■ **PROBLEM DESCRIPTION**
Write out, word for word, every line in the data below from the one containing "it is negated." to the one containing "pub fn values(&self, signal: u32)", both of them included.

■ **EXERCISE DATA**
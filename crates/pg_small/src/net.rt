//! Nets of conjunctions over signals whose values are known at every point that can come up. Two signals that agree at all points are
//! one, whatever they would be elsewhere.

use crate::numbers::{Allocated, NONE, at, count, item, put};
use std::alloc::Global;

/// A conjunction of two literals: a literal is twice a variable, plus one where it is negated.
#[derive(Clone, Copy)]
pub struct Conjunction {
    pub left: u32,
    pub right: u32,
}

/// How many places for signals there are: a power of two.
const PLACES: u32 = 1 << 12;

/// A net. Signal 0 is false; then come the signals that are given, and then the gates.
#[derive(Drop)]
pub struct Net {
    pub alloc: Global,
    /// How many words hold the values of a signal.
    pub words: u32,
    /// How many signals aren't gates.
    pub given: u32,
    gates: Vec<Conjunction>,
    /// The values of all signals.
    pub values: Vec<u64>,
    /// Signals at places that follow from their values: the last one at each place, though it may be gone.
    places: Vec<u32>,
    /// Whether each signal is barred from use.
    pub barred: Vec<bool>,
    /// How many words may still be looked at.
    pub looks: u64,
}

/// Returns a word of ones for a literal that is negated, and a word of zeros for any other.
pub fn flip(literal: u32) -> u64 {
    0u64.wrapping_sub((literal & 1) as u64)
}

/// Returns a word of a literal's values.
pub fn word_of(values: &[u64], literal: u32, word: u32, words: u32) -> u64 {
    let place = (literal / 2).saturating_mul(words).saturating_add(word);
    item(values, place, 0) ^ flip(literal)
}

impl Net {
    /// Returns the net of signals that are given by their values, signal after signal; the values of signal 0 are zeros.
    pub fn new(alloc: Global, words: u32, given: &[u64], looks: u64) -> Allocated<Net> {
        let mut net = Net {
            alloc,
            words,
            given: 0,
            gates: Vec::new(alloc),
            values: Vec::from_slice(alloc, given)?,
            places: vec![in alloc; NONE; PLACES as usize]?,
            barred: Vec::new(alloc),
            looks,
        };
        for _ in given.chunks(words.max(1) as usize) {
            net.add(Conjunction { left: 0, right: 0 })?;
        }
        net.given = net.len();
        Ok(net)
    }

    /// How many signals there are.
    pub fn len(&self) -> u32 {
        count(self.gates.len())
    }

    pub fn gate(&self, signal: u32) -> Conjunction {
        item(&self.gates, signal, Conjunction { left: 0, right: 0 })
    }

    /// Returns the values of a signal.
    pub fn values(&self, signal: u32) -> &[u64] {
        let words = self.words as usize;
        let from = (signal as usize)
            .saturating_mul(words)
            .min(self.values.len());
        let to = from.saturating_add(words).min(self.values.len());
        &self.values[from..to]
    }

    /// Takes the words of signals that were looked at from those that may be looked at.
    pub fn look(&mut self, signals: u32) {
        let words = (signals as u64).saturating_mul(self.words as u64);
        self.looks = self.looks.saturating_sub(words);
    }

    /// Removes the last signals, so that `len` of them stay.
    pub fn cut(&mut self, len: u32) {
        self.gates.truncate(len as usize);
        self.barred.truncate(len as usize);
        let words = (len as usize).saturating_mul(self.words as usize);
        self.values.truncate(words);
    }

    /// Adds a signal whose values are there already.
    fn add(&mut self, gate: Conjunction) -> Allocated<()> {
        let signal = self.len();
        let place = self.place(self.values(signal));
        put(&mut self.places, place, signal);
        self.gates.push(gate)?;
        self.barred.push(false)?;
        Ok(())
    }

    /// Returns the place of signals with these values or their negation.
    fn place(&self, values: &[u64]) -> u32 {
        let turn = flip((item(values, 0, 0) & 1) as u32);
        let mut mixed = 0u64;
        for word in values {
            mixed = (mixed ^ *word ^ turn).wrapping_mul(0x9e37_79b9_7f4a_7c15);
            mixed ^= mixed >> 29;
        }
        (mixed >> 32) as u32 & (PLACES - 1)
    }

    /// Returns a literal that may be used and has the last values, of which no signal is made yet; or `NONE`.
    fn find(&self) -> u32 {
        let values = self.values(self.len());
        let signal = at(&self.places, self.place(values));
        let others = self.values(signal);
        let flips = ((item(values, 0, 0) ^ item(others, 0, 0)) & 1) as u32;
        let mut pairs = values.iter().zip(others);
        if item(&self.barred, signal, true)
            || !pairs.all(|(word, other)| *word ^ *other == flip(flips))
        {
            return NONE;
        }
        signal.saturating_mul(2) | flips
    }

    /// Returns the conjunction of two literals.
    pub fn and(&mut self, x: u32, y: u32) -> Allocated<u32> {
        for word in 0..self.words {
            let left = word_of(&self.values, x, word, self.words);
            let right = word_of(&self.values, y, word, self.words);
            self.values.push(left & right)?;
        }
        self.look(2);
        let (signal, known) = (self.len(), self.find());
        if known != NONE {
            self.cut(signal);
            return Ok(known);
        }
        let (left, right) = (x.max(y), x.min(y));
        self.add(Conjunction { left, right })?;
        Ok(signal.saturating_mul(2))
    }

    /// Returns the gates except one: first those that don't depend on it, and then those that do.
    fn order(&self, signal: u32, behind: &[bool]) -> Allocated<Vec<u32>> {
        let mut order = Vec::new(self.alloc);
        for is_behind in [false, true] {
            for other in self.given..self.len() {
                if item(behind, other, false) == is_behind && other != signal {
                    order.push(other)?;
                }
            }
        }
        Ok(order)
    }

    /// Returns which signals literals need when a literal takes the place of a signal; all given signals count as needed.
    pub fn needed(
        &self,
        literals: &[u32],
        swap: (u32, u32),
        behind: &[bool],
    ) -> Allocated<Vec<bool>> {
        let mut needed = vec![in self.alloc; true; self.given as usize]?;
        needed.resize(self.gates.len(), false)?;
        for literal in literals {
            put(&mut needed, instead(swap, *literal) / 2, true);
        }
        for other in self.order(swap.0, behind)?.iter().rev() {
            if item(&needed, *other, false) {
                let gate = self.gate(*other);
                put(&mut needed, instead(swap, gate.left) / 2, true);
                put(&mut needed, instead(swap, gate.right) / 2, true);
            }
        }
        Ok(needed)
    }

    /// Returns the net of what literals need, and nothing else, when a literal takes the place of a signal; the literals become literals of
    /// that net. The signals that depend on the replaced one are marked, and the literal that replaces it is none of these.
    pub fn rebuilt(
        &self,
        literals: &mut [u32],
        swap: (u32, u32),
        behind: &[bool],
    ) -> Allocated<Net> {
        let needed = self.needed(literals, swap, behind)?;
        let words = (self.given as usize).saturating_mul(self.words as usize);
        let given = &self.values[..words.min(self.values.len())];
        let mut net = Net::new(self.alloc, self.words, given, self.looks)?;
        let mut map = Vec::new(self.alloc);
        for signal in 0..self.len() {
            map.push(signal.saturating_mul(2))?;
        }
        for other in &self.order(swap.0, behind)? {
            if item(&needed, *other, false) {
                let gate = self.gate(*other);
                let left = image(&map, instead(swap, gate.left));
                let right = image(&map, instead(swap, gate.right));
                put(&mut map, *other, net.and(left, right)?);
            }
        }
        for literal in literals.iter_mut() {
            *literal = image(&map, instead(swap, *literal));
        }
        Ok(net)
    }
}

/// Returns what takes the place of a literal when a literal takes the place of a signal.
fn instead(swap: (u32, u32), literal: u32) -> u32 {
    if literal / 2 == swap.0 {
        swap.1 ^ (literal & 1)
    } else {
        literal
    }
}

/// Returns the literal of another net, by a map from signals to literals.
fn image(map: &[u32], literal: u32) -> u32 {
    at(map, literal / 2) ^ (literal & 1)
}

■ **SOLUTION BELOW**
/// A conjunction of two literals: a literal is twice a variable, plus one where it is negated.
#[derive(Clone, Copy)]
pub struct Conjunction {
    pub left: u32,
    pub right: u32,
}

/// How many places for signals there are: a power of two.
const PLACES: u32 = 1 << 12;

/// A net. Signal 0 is false; then come the signals that are given, and then the gates.
#[derive(Drop)]
pub struct Net {
    pub alloc: Global,
    /// How many words hold the values of a signal.
    pub words: u32,
    /// How many signals aren't gates.
    pub given: u32,
    gates: Vec<Conjunction>,
    /// The values of all signals.
    pub values: Vec<u64>,
    /// Signals at places that follow from their values: the last one at each place, though it may be gone.
    places: Vec<u32>,
    /// Whether each signal is barred from use.
    pub barred: Vec<bool>,
    /// How many words may still be looked at.
    pub looks: u64,
}

/// Returns a word of ones for a literal that is negated, and a word of zeros for any other.
pub fn flip(literal: u32) -> u64 {
    0u64.wrapping_sub((literal & 1) as u64)
}

/// Returns a word of a literal's values.
pub fn word_of(values: &[u64], literal: u32, word: u32, words: u32) -> u64 {
    let place = (literal / 2).saturating_mul(words).saturating_add(word);
    item(values, place, 0) ^ flip(literal)
}

impl Net {
    /// Returns the net of signals that are given by their values, signal after signal; the values of signal 0 are zeros.
    pub fn new(alloc: Global, words: u32, given: &[u64], looks: u64) -> Allocated<Net> {
        let mut net = Net {
            alloc,
            words,
            given: 0,
            gates: Vec::new(alloc),
            values: Vec::from_slice(alloc, given)?,
            places: vec![in alloc; NONE; PLACES as usize]?,
            barred: Vec::new(alloc),
            looks,
        };
        for _ in given.chunks(words.max(1) as usize) {
            net.add(Conjunction { left: 0, right: 0 })?;
        }
        net.given = net.len();
        Ok(net)
    }

    /// How many signals there are.
    pub fn len(&self) -> u32 {
        count(self.gates.len())
    }

    pub fn gate(&self, signal: u32) -> Conjunction {
        item(&self.gates, signal, Conjunction { left: 0, right: 0 })
    }

    /// Returns the values of a signal.
    pub fn values(&self, signal: u32) -> &[u64] {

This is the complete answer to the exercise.